Last resort: Reduce the resolution of your particle effect. This will give you a good bang for the buck at the cost of visual quality.
The best solution is to move the rendering onto the graphic card. Render to texture functionality is standard these days. It's a bit tricky to get it working with OpenGL because you have to decide which extension to use, but once you have it working the performance is not an issue anymore.
Btw - do you really need floating point render-targets? If you get away with 3 bytes per pixel you will see a nice performance improvement.
It's best to move the rendering calculation for massive particle systems like this over to the GPU, which has hardware optimized to do exactly this job as fast as possible.

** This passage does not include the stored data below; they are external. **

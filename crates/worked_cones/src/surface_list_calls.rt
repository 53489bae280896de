ghost use Rattle.std.specs.Prelude.{◌≤◌};

use crate::sample_cones::{SPHERE, are_rays, skeleton_of};
use cone_core::MAX_ENTRY;
use double_description::Order;
use matching_equations::Coords;
use std::alloc::Global;
use std::process::Abort;
use std::test::Fail;
use surface_list::surfaces;

fn are_surfaces(
    rt: &impl Abort,
    alloc: Global,
    signature: &[u8],
    coords: Coords,
    limit: u128,
    vectors: &[&[u128]],
) -> Result<(), Fail>
    requires most_limit { limit ≤ MAX_ENTRY }
{
    let skeleton = skeleton_of(alloc, signature)?;
    match surfaces(alloc, &skeleton, coords, Order::Given, limit) {
        Ok(rays) => {
            are_rays(rt, &rays, vectors);
        }
        Err(_) => assert!(rt; false),
    }
    Ok(())
}

#[test]
fn surfaces_of_small_tables(rt: HostRuntime) -> Result<(), Fail> {
    let alloc = rt.alloc();
    for limit in [MAX_ENTRY, 64, 63, 1] {
        are_surfaces(
            &rt,
            alloc,
            SPHERE,
            Coords::Standard,
            limit,
            &[&[1, 1, 0, 0, 1, 0, 0], &[1, 1, 1, 1, 0, 0, 0]],
        )?;
    }
    are_surfaces(&rt, alloc, SPHERE, Coords::Quad, MAX_ENTRY, &[&[1, 0, 0]])?;
    are_surfaces(&rt, alloc, b"a", Coords::Standard, MAX_ENTRY, &[])?;
    are_surfaces(
        &rt,
        alloc,
        b"baa",
        Coords::Standard,
        MAX_ENTRY,
        &[
            &[0, 0, 0, 0, 0, 0, 1],
            &[0, 0, 0, 0, 0, 1, 0],
            &[0, 0, 0, 0, 1, 0, 0],
            &[0, 0, 0, 1, 0, 0, 0],
            &[0, 0, 1, 0, 0, 0, 0],
            &[0, 1, 0, 0, 0, 0, 0],
            &[1, 0, 0, 0, 0, 0, 0],
        ],
    )?;
    Ok(())
}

Aaron is right: represent each individual particle with a sprite. You can calculate the movement of the sprites in space (eg, accumulate their position per frame) on the CPU using SSE2, but do all the additive blending and accumulation on the GPU via OpenGL. (Drawing sprites additively is easy enough.) You can handle your trails and blur either by doing it in shaders (the "pro" way), rendering to an accumulation buffer and back, or simply generate a bunch of additional sprites on the CPU representing the trail and throw them at the rasterizer.
Try to replace the manual code with sprites: An OpenGL texture with an alpha of, say, 10%. Then draw lots of them on the screen (ten of them in the same place to get the full glow).
If you by "manual" mean that you are using the CPU to poke pixels, I think pretty much anything you can do where you draw textured polygons using OpenGL instead will represent a huge speedup.